TASK INSTRUCTIONS>
From the first entry to the last, repeat them all exactly.
# # #
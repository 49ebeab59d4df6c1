//! The shares of transfers in a second.

ghost use Rattle.std.specs.Prelude.{◌≡◌, ◌≤◌, ◌<◌, IfOk, length, map, slice_get, slice_index, slice_index_or, Some};
ghost use Rattle.limit_tree.specs.Outline.{limits as seen};
ghost use Rattle.limit_tree.specs.Sharing.{IsWanted};
ghost use Rattle.fair_terms.specs.Fair.{IsBackedFair};
ghost use Rattle.fair_terms.specs.Wants.{HasLargeUser};
ghost use Rattle.line_rates.specs.Names.{floor_of};
ghost use Rattle.line_rates.specs.TickTree.{IsTickTree, ask_in};
ghost use Rattle.rate_plan.specs.Shared.{AreGrantedShares, AreTickShares, IsShareOf};

use fair_shares::{FairFault, share_tree};
use limit_tree::Tree;
use line_rates::{Ask, Limits, Name};
use round_tally::held_by;
use std::alloc::{AllocError, Allocator};

/// The share of a transfer in a second, in octets.
#[derive(Clone, Copy, Debug, PartialEq, Eq)]
pub struct TransferShare {
    /// The place of the transfer among those that were asked for.
    pub lane: u8,
    /// Its ask.
    pub ask: Ask,
    /// The guarantee of its session.
    pub floor: u64,
    /// The octets that it gets.
    pub grant: u64,
    /// The limit that holds it back, if it gets less than it wants.
    pub held: Option<Name>,
}

// The asks of leaves, without their lanes.
fn asks_alone<A: Allocator>(alloc: A, order: &[(u8, Ask)]) -> Result<Vec<Ask, A>, AllocError>
    ensures asks { IfOk result (λ asks. asks.items ≡ map ask_in order.now) }
{
    let mut asks = Vec::with_capacity(alloc, order.len())?;
    for asker in order {
        asks.push(asker.1)?;
    }
    Ok(asks)
}

// The share of a leaf.
fn leaf_share<L: Allocator, A: Allocator>(
    limits: &Limits<L>,
    order: &[(u8, Ask)],
    asks: &[Ask],
    tree: &Tree<A>,
    grants: &[u64],
    entries: &[Option<u32>],
    leaf: usize,
) -> TransferShare
    requires asks { asks.now ≡ map ask_in order.now }
    requires tree { IsTickTree limits.now 0 asks.now (seen tree.now) }
    requires grants { IsWanted (seen tree.now) grants.now }
    requires backed { IsBackedFair limits.now.share_by asks.now (seen tree.now) grants.now
        entries.now }
    requires leaf { leaf < length order.now }
    ensures share { IsShareOf limits.now order.now (seen tree.now) grants.now leaf result }
{
    let (lane, ask) = order[leaf];
    TransferShare {
        lane,
        ask,
        floor: limits.floor(ask),
        grant: grants[leaf],
        held: held_by(limits, 0, asks, tree, grants, entries, leaf),
    }
}

// The shares of the leaves of a tree, in their order.
fn leaf_shares<L: Allocator, A: Allocator, B: Allocator>(
    alloc: B,
    limits: &Limits<L>,
    order: &[(u8, Ask)],
    asks: &[Ask],
    tree: &Tree<A>,
    grants: &[u64],
    entries: &[Option<u32>],
) -> Result<Vec<TransferShare, B>, AllocError>
    requires asks { asks.now ≡ map ask_in order.now }
    requires tree { IsTickTree limits.now 0 asks.now (seen tree.now) }
    requires grants { IsWanted (seen tree.now) grants.now }
    requires backed { IsBackedFair limits.now.share_by asks.now (seen tree.now) grants.now
        entries.now }
    ensures shares { IfOk result (λ shares. AreTickShares limits.now order.now (seen tree.now)
        grants.now shares.items) }
{
    let mut shares = Vec::with_capacity(alloc, order.len())?;
    for leaf in 0..order.len() {
        shares.push(leaf_share(limits, order, asks, tree, grants, entries, leaf))?;
    }
    Ok(shares)
}

/// The shares of the leaves of a tree, in their order, by fair grants. No user wants more than `MAX_WANT` octets in one
/// way, so only memory can lack.
pub(crate) fn granted_shares<L: Allocator, A: Allocator + Clone>(
    alloc: A,
    limits: &Limits<L>,
    order: &[(u8, Ask)],
    tree: Tree<A>,
) -> Result<Vec<TransferShare, A>, AllocError>
    requires tree { IsTickTree limits.now 0 (map ask_in order.now) (seen tree) }
    requires wants { HasLargeUser limits.now.share_by (map ask_in order.now) → ⊥ }
    ensures shares { IfOk result
        (λ shares. AreGrantedShares limits.now order.now (seen tree) shares.items) }
{
    let asks = asks_alone(alloc.clone()?, order)?;
    let sealed = match share_tree(alloc.clone()?, limits.share_by(), &asks, tree) {
        Ok(sealed) => sealed,
        Err(FairFault::Memory) => return Err(AllocError),
        Err(FairFault::Unshared) => unreachable!(),
    };
    let shares = leaf_shares(
        alloc,
        limits,
        order,
        &asks,
        sealed.tree(),
        sealed.grants(),
        sealed.certificate().entries(),
    )?;
    Ok(shares)
}
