//! A till that is driven over a line in memory to a printer: what it records is on the paper.

use crate::support::{ONLINE, content};
use escpos_command::LineWidth;
use escpos_link::Wire;
use escpos_till::{Failure, MemoryStore, Surroundings, TillMachine, TillNote, drive};
use escpos_till_model::WireLine;
use std::alloc::Global;
use std::process::Abort;

type Around = Surroundings<MemoryStore, WireLine>;

// S is taken, sent and recorded.
fn prints(rt: &impl Abort, alloc: Global, machine: &mut TillMachine, around: &mut Around) {
    if machine.queue(content(rt, alloc), None).is_err() {
        panic!(rt; "not taken");
    }
    assert!(rt; matches!(drive(machine, around, 1_000), Some(TillNote::Queued(_))));
    assert!(rt; machine.deliver(1, None, 1_000, false) == Ok(()));
    assert!(rt; matches!(drive(machine, around, 1_000), Some(TillNote::Recorded(_))));
}

// Each receipt is on the paper once, after those before it.
#[test]
fn printed(rt: HostRuntime) {
    let wire = Wire::new(rt.alloc(), ONLINE, LineWidth::usual()).expect(&rt, "memory");
    let store = MemoryStore::new(rt.alloc(), Vec::new(rt.alloc()), Failure::Never);
    let line = WireLine::new(wire);
    let mut around = Surroundings { store, line };
    let Ok(mut machine) = TillMachine::open(rt.alloc(), &[]) else {
        panic!(&rt; "no machine");
    };
    prints(&rt, rt.alloc(), &mut machine, &mut around);
    let one = around.line.wire().paper().len();
    assert!(&rt; 0 < one);
    prints(&rt, rt.alloc(), &mut machine, &mut around);
    assert!(&rt; around.line.wire().paper().len() == one + one);
}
# # #
SOLUTION TO THIS EXERCISE>
repository 49ebeab59d4df6c1
//! The shares of transfers in a second.

ghost use Rattle.std.specs.Prelude.{◌≡◌, ◌≤◌, ◌<◌, IfOk, length, map, slice_get, slice_index, slice_index_or, Some};
ghost use Rattle.limit_tree.specs.Outline.{limits as seen};
ghost use Rattle.limit_tree.specs.Sharing.{IsWanted};
ghost use Rattle.fair_terms.specs.Fair.{IsBackedFair};
ghost use Rattle.fair_terms.specs.Wants.{HasLargeUser};
ghost use Rattle.line_rates.specs.Names.{floor_of};
ghost use Rattle.line_rates.specs.TickTree.{IsTickTree, ask_in};
ghost use Rattle.rate_plan.specs.Shared.{AreGrantedShares, AreTickShares, IsShareOf};

use fair_shares::{FairFault, share_tree};
use limit_tree::Tree;
use line_rates::{Ask, Limits, Name};
use round_tally::held_by;
use std::alloc::{AllocError, Allocator};

/// The share of a transfer in a second, in octets.
#[derive(Clone, Copy, Debug, PartialEq, Eq)]
pub struct TransferShare {
    /// The place of the transfer among those that were asked for.
    pub lane: u8,
    /// Its ask.
    pub ask: Ask,
    /// The guarantee of its session.
    pub floor: u64,
    /// The octets that it gets.
    pub grant: u64,
    /// The limit that holds it back, if it gets less than it wants.
    pub held: Option<Name>,
}

// The asks of leaves, without their lanes.
fn asks_alone<A: Allocator>(alloc: A, order: &[(u8, Ask)]) -> Result<Vec<Ask, A>, AllocError>
    ensures asks { IfOk result (λ asks. asks.items ≡ map ask_in order.now) }
{
    let mut asks = Vec::with_capacity(alloc, order.len())?;
    for asker in order {
        asks.push(asker.1)?;
    }
    Ok(asks)
}

// The share of a leaf.
fn leaf_share<L: Allocator, A: Allocator>(
    limits: &Limits<L>,
    order: &[(u8, Ask)],
    asks: &[Ask],
    tree: &Tree<A>,
    grants: &[u64],
    entries: &[Option<u32>],
    leaf: usize,
) -> TransferShare
    requires asks { asks.now ≡ map ask_in order.now }
    requires tree { IsTickTree limits.now 0 asks.now (seen tree.now) }
    requires grants { IsWanted (seen tree.now) grants.now }
    requires backed { IsBackedFair limits.now.share_by asks.now (seen tree.now) grants.now
        entries.now }
    requires leaf { leaf < length order.now }
    ensures share { IsShareOf limits.now order.now (seen tree.now) grants.now leaf result }
{
    let (lane, ask) = order[leaf];
    TransferShare {
        lane,
        ask,
        floor: limits.floor(ask),
        grant: grants[leaf],
        held: held_by(limits, 0, asks, tree, grants, entries, leaf),
    }
}

// The shares of the leaves of a tree, in their order.
fn leaf_shares<L: Allocator, A: Allocator, B: Allocator>(
    alloc: B,
    limits: &Limits<L>,
    order: &[(u8, Ask)],
    asks: &[Ask],
    tree: &Tree<A>,
    grants: &[u64],
    entries: &[Option<u32>],
) -> Result<Vec<TransferShare, B>, AllocError>
    requires asks { asks.now ≡ map ask_in order.now }
    requires tree { IsTickTree limits.now 0 asks.now (seen tree.now) }
    requires grants { IsWanted (seen tree.now) grants.now }
    requires backed { IsBackedFair limits.now.share_by asks.now (seen tree.now) grants.now
        entries.now }
    ensures shares { IfOk result (λ shares. AreTickShares limits.now order.now (seen tree.now)
        grants.now shares.items) }
{
    let mut shares = Vec::with_capacity(alloc, order.len())?;
    for leaf in 0..order.len() {
        shares.push(leaf_share(limits, order, asks, tree, grants, entries, leaf))?;
    }
    Ok(shares)
}

/// The shares of the leaves of a tree, in their order, by fair grants. No user wants more than `MAX_WANT` octets in one
/// way, so only memory can lack.
pub(crate) fn granted_shares<L: Allocator, A: Allocator + Clone>(
    alloc: A,
    limits: &Limits<L>,
    order: &[(u8, Ask)],
    tree: Tree<A>,
) -> Result<Vec<TransferShare, A>, AllocError>
    requires tree { IsTickTree limits.now 0 (map ask_in order.now) (seen tree) }
    requires wants { HasLargeUser limits.now.share_by (map ask_in order.now) → ⊥ }
    ensures shares { IfOk result
        (λ shares. AreGrantedShares limits.now order.now (seen tree) shares.items) }
{
    let asks = asks_alone(alloc.clone()?, order)?;
    let sealed = match share_tree(alloc.clone()?, limits.share_by(), &asks, tree) {
        Ok(sealed) => sealed,
        Err(FairFault::Memory) => return Err(AllocError),
        Err(FairFault::Unshared) => unreachable!(),
    };
    let shares = leaf_shares(
        alloc,
        limits,
        order,
        &asks,
        sealed.tree(),
        sealed.grants(),
        sealed.certificate().entries(),
    )?;
    Ok(shares)
}
//! A till that is driven over a line in memory to a printer: what it records is on the paper.

use crate::support::{ONLINE, content};
use escpos_command::LineWidth;
use escpos_link::Wire;
use escpos_till::{Failure, MemoryStore, Surroundings, TillMachine, TillNote, drive};
use escpos_till_model::WireLine;
use std::alloc::Global;
use std::process::Abort;

type Around = Surroundings<MemoryStore, WireLine>;

// S is taken, sent and recorded.
fn prints(rt: &impl Abort, alloc: Global, machine: &mut TillMachine, around: &mut Around) {
    if machine.queue(content(rt, alloc), None).is_err() {
        panic!(rt; "not taken");
    }
    assert!(rt; matches!(drive(machine, around, 1_000), Some(TillNote::Queued(_))));
    assert!(rt; machine.deliver(1, None, 1_000, false) == Ok(()));
    assert!(rt; matches!(drive(machine, around, 1_000), Some(TillNote::Recorded(_))));
}

// Each receipt is on the paper once, after those before it.
#[test]
fn printed(rt: HostRuntime) {
    let wire = Wire::new(rt.alloc(), ONLINE, LineWidth::usual()).expect(&rt, "memory");
    let store = MemoryStore::new(rt.alloc(), Vec::new(rt.alloc()), Failure::Never);
    let line = WireLine::new(wire);
    let mut around = Surroundings { store, line };
    let Ok(mut machine) = TillMachine::open(rt.alloc(), &[]) else {
        panic!(&rt; "no machine");
    };
    prints(&rt, rt.alloc(), &mut machine, &mut around);
    let one = around.line.wire().paper().len();
    assert!(&rt; 0 < one);
    prints(&rt, rt.alloc(), &mut machine, &mut around);
    assert!(&rt; around.line.wire().paper().len() == one + one);
}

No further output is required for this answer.